Beer World Rocked As Two Budweisers Reach A Deal
Added: Monday, January 1st 2007
The beer world has been rocked by the news that two arch enemies, Anheuser-Busch of the United States and Budweiser Budvar of the Czech Republic, have signed a deal to sell the Czech beer in North America.
The two breweries have been engaged in bitter and expensive lawsuits for a century over who has the rights to the Budweiser trademark. But now A-B has agreed to market the Czech version, using its vast sales and marketing operation along with a network of around 600 independent wholesalers.
Both sides say the legal battles will continue but seasoned observers believe this is the first step towards a more harmonious relationship between the two companies that could end with a merger.
The Czech brewery has put a brave face on the deal by stressing that Anheuser-Busch needs Budvar to strengthen its portfolio and the agreement is a victory for the smaller company. Sales of imported premium beers are growing by 10% a year in the U.S. and A-B is already wholesaling such brands as Grolsch, Kirin and Tiger. Kirin has reported that its sales in North America have grown by 147% since it signed up with A-B.
But the problem for the Czechs is that they have ceded vital ground to the Americans by agreeing to sell their beer through A-B under the Czechvar brand name rather than Budweiser Budvar. Lawyers for A-B can now argue in future legal actions that Budvar has dropped its claim to the Budweiser trademark in the biggest beer market in the world.
Budvar has been selling limited amounts of beer under the Czechvar name in the U.S. for a few years and has established small but regular sales in 30 states. But the deal with A-B will catapult it into a leading imported premium brand.
Ironically, 2007 marks a century of legal battles between the two companies. Anheuser-Busch, founded by two German immigrants in St Louis, Missouri, in the 1860s claims it was marketing a beer called Budweiser for some 30 years before the Budvar brewery opened in 1895 in the South Bohemian town of Ceske Budejovice. But the Czechs point out that the town - better known by its old German name of Budweis - had been a major brewing centre since at least the 14th century. There were 44 breweries in Budweis in the 15th century, one of which was the Royal Court Brewery, which supplied beer to the monarch and used the connection to call its product the Beer of Kings.
In the German fashion, beers from Budweis were generically known as Budweiser beers, just as beers from Pilsen are known as Pilsners. Long before Anheuser and Busch started to market their Budweiser, an older brewery in Ceske Budejovice - first called the Citizens' Brewery and later Samson - exported beer using the Budweiser trademark.
Legal action early in the 20th century stopped the Budvar brewery exporting to the U.S. using the Budweiser name. It used such labels as Crystal and Moldau - the latter being the German version of the major Czech river, the Vlatava - but failed to build sales.

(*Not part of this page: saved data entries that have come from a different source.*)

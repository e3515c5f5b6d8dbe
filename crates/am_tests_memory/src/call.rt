//! The calls, in their order.

use crate::entries::entry_of_two;
use crate::fault::Fault;
use crate::indexes::list_of_five;
use crate::loads::loads_of_a_list;
use crate::outcomes::outcomes_of_a_block;
use crate::plain_map::{plain_alone, plain_answers};
use crate::rows_back::{rows_back_of_a_list, scans_back};
use crate::texts::replies;
use std::alloc::Global;

/// A worked call, or several that belong together.
#[derive(Clone, Copy, Debug, PartialEq, Eq)]
pub(crate) enum Call {
    ListOfFive,
    RowsBackOfAList,
    ScansBack,
    LoadsOfAList,
    PlainAnswers,
    PlainAlone,
    Replies,
    EntryOfTwo,
    OutcomesOfABlock,
}

/// All calls.
pub(crate) const CALLS: [Call; 9] = [
    Call::ListOfFive,
    Call::RowsBackOfAList,
    Call::ScansBack,
    Call::LoadsOfAList,
    Call::PlainAnswers,
    Call::PlainAlone,
    Call::Replies,
    Call::EntryOfTwo,
    Call::OutcomesOfABlock,
];

impl Call {
    pub(crate) fn name(self) -> &'static str {
        match self {
            Call::ListOfFive => "list_of_five",
            Call::RowsBackOfAList => "rows_back_of_a_list",
            Call::ScansBack => "scans_back",
            Call::LoadsOfAList => "loads_of_a_list",
            Call::PlainAnswers => "plain_answers",
            Call::PlainAlone => "plain_alone",
            Call::Replies => "replies",
            Call::EntryOfTwo => "entry_of_two",
            Call::OutcomesOfABlock => "outcomes_of_a_block",
        }
    }

    /// Makes the call, and looks at what it did.
    pub(crate) fn make(self, alloc: Global) -> Result<(), Fault> {
        match self {
            Call::ListOfFive => list_of_five(alloc),
            Call::RowsBackOfAList => rows_back_of_a_list(alloc),
            Call::ScansBack => scans_back(alloc),
            Call::LoadsOfAList => loads_of_a_list(alloc),
            Call::PlainAnswers => plain_answers(alloc),
            Call::PlainAlone => plain_alone(alloc),
            Call::Replies => replies(alloc),
            Call::EntryOfTwo => entry_of_two(alloc),
            Call::OutcomesOfABlock => outcomes_of_a_block(alloc),
        }
    }
}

In the rest of the world, the two companies have chased one another through the courts to establish the rights to use the Budweiser trademark. Britain is the only major country where both breweries sell their beers under the full title. In other important beer markets, such as Germany and Spain, the Czechs sell their beer under the full title while the Americans can use only Bud. In Italy, where the Americans were victorious, Budvar is sold as Czechvar.
With such a long history of animosity, a merger of the two companies seems absurd at first glance. Budweiser Budvar remains a government-owned company in the Czech Republic but at some stage it will be privatised. The country is now a member of the European Union, which frowns upon nationalised industries.
If and when Budvar is privatised and is owned by shareholders, it will become a tempting takeover target. The beer, with its 90-day lagering or cold maturation regime, makes it one of the finest lager beers in the world. The company has enjoyed spectacular growth since the fall of communism and the opening up of world markets.
But there is one daunting drawback: any global giant that wanted to buy Budvar would be faced by the threat of continuing and increased legal action from Anheuser-Busch.
This means that the only major international brewery that could buy Budvar and avoid legal action would be Anheuser-Busch.
That is not on the cards at the moment. Budvar can only be privatised by government decree and at present there is no effective government in the Czech Republic, where coalitions tend to fall apart rapidly. Left-of-centre governments usually come to power pledging that Budvar will not be sold to A-B, whereas right-of-centre coalitions say they will privatise it. Elections this year may be a pointer to the brewery's future. In the meantime, the legion of beer drinkers that have given Budvar their support in its campaign to defend its trademark and historic rights must be feeling bemused, if not betrayed, that the brewery has now jumped into bed with its arch enemy.